#### Information shown
• • •

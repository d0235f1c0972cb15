//! Executables, which a core is loaded from, written in their one form: each part stands behind the one before it, with
//! bytes of 0 up to a multiple of 4. `pruelf` reads what is written here as the same image.
#![tactic(auto)]

mod bytes;
mod extra;
mod front;
mod image;
mod ranges;
mod room;
mod sections;
mod symbols;
mod writing;

pub use extra::{Extra, are_defined};
pub use room::can_be_written;
pub use writing::{write_exec, write_image};

#[cfg(test)]
mod tests;
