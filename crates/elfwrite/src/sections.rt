//! The section headers.

ghost use Rattle.std.specs.Prelude.{◌≡◌, ◌++◌, OnOk};
ghost use Rattle.std.specs.List.{flat_map};
ghost use Rattle.elfwrite.specs.Written as written;

use crate::bytes::put_words;
use pruelf::{Form, Plan};
use prunum::Memory;

fn put_section(out: &mut Vec<u8>, form: &Form, size: u64) -> Result<(), Memory>
    ensures { OnOk result (out.new.items ≡ out.old.items ++ written.section_bytes form.now size) }
{
    let [name, kind, flags, address, offset] = form.fields_before();
    let [link, info, alignment, entry_size] = form.fields_behind();
    put_words(
        out,
        &[
            name, kind, flags, address, offset, size, link, info, alignment, entry_size,
        ],
    )
}

/// Each section's header, and its size.
#[tactic(auto, unfolding(crate::specs::Written::sections))]
fn sections_of(p: &Plan) -> [(Form, u64); 8]
    ensures { result ≡ written.sections p.now }
{
    let init = u64::from(p.init);
    let zero = u64::from(p.memory).saturating_sub(init);
    [
        (Plan::code_form(), u64::from(p.code)),
        (p.data_form(), init),
        (p.zero_form(), zero),
        (p.notes_form(), u64::from(p.notes)),
        (p.table_form(), u64::from(p.table)),
        (p.symbols_form(), u64::from(p.symbols)),
        (p.names_form(), u64::from(p.names)),
        (p.section_names_form(), 71),
    ]
}

fn put_headers(out: &mut Vec<u8>, sections: &[(Form, u64)]) -> Result<(), Memory>
    ensures { OnOk result (out.new.items ≡ out.old.items ++ flat_map (λ x. written.section_bytes x.0 x.1) sections.now) }
{
    for section in sections {
        put_section(out, &section.0, section.1)?;
    }
    Ok(())
}

/// The section headers, the null one before them.
#[tactic(auto, unfolding(crate::specs::Written::sections_bytes))]
pub fn put_sections(out: &mut Vec<u8>, p: &Plan) -> Result<(), Memory>
    ensures { OnOk result (out.new.items ≡ out.old.items ++ written.sections_bytes p.now) }
{
    out.extend_from_slice(&[0; 40])?;
    put_headers(out, &sections_of(p))
}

• • •

#### What is expected
Scan the material for "kind" and copy the lines that hold it.

#### Answer box
    let [name, kind, flags, address, offset] = form.fields_before();
            name, kind, flags, address, offset, size, link, info, alignment, entry_size,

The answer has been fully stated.